His mother, Janet Rae Shokes, was about three months pregnant with him when his father, 25-year-old Edward Shokes, and a fellow Navy pilot took off on June 23, 1961, from Miramar Naval Air Station in San Diego. Six months later, the Grumman F9F Cougar was found smashed in pieces on the side of a steep ridge in the Little San Bernardino Mountains about 10 miles north of Indio.

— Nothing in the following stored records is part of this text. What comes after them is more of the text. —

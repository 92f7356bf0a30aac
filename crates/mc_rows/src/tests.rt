//! Rows of a small kind: lines `o NAME NAMES`, with a row for each name at most once, and `g NUMBER NAME : NAMES`.

use super::*;
use mc_lex::{TextEnd, Words};
use mc_model::Memory;
use mc_names::{Name, Names};
use mc_signal::QSet;
use mc_text::{Fault, Head, Stop, read_section};
use std::alloc::Global;
use std::process::Abort;
use std::test::Fail;

/// Rows of which only the number is kept, in a text in which `!` may stand.
#[derive(Drop)]
struct Counted {
    rows: usize,
}

impl Rows for Counted {
    ghost use Rattle.std.specs.Prelude.{◌≡◌, length};
    ghost use Rattle.mc_rows.specs.Counted.{counted};

    ghost kind = { λ _. counted };

    ghost holds = { λ k rows. k.rows ≡ length rows };

    fn follows(&self, _last: Option<Head>, _head: Option<Head>) -> bool {
        true
    }

    fn shape(&self, head: Option<Head>) -> Shape {
        match head {
            Some(Head::O) => Shape::Listed,
            Some(Head::G) => Shape::RankedSet,
            _ => Shape::Bare,
        }
    }

    fn second(&self) -> bool {
        true
    }

    fn bar_head(&self, _head: Option<Head>) -> Result<(), Stop> {
        Ok(())
    }

    fn bar_named(&self, _head: Option<Head>, _number: u16, _q: u16) -> Result<(), Stop> {
        Ok(())
    }

    fn bar_listed(&self, _q: u16) -> Result<(), Stop> {
        Ok(())
    }

    fn push(&mut self, _row: Row) -> Result<(), Stop> {
        match self.rows.checked_add(1) {
            Some(rows) => {
                self.rows = rows;
                Ok(())
            }
            None => Err(Stop::Memory),
        }
    }
}

fn names(rt: &impl Abort, alloc: Global) -> Names {
    let mut names = Names::new(alloc);
    for word in ["a", "b"] {
        let name = Name::read(word.as_bytes()).expect(rt, "a name");
        let _ = names.add(name);
    }
    names
}

fn read(rt: &impl Abort, alloc: Global, names: &Names, text: &str) -> Result<usize, TextEnd> {
    assert!(rt; text.len() < 100);
    let mut words = Words::new(text.as_bytes());
    let mut reader = RowReader::new(alloc, names, Counted { rows: 0 });
    if let Err(end) = read_section(&mut words, &mut reader) {
        return Err(end);
    }
    Ok(reader.kind.rows)
}

#[test]
fn rows_are_judged(rt: HostRuntime) -> Result<(), Fail> {
    let names = names(&rt, rt.alloc());
    assert_eq!(rt;
        read(&rt, rt.alloc(), &names, "o a ! b\ng 03 b :\n\nend"),
        Ok(2)
    );
    for (text, end) in [
        ("o a ! b !", Fault::ListedTwice.at(1, 9)),
        ("o !", Fault::NotName.at(1, 3)),
        ("o a b b", Fault::ListedTwice.at(1, 7)),
        ("o c", Fault::NotDefined.at(1, 3)),
        ("o # a", Fault::LineEnds.at(1, 2)),
        ("g x", Fault::NotNumber.at(1, 3)),
        ("g 1 a b", Fault::NotFixed.at(1, 7)),
        ("g 1 a\n", Fault::LineEnds.at(1, 6)),
        ("end x", Fault::Surplus.at(1, 5)),
        ("o a\n", Fault::TextEnds.at(2, 1)),
    ] {
        assert_eq!(rt; read(&rt, rt.alloc(), &names, text), Err(end));
    }
    Ok(())
}

#[test]
fn rows_are_written(rt: HostRuntime) -> Result<(), Memory> {
    let names = names(&rt, rt.alloc());
    assert_eq!(rt; names.len(), 2);
    let set = QSet::new(rt.alloc());
    let mut text = Vec::new(rt.alloc());
    let row = Parts {
        head: Head::G,
        number: 3,
        name: 0,
        set: &set,
        constant: true,
    };
    print_row(&mut text, &names, Shape::RankedSet, row)?;
    print_end(&mut text)?;
    assert!(rt; text.as_slice() == b"g 3 a : !\nend\n".as_slice());
    rows_are_read();
    rows_are_within();
    Ok(())
}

Shokes, now 47, never got to meet his father, but on Monday for the first time visited the place where his father died. He was able to do so with help from aircraft archaeologist Trey Brandt, who found the crash site in May. “This not-ever-meeting-your-father is like living with a ghost,” said Shokes, adding that his father was a handsome man who yearned to open his own photography shop. “My life definitely changed June 23, 1961.” Brandt’s Web site popped up when Shokes searched his name on the Internet. It featured information about his father’s accident, and many other military plane crashes. He was amazed when he read in detail about the crash, where it happened and that remnants of the plane remain strewn across the mountainside
Shokes, of Pensacola, Fla., contacted Brandt, who offered to take him to the site. Over the past 20 years, Brandt has located more than 300 crash sites in the deserts and mountains of the Southwest, gathering information on the wrecks from newspaper clippings and declassified documents from the Naval History and Heritage Command. Even though Shokes never met his father, he has at least partly followed in his father’s footsteps. He earned his pilot’s license in the early 1990s and, like his father, has an electrical engineering degree.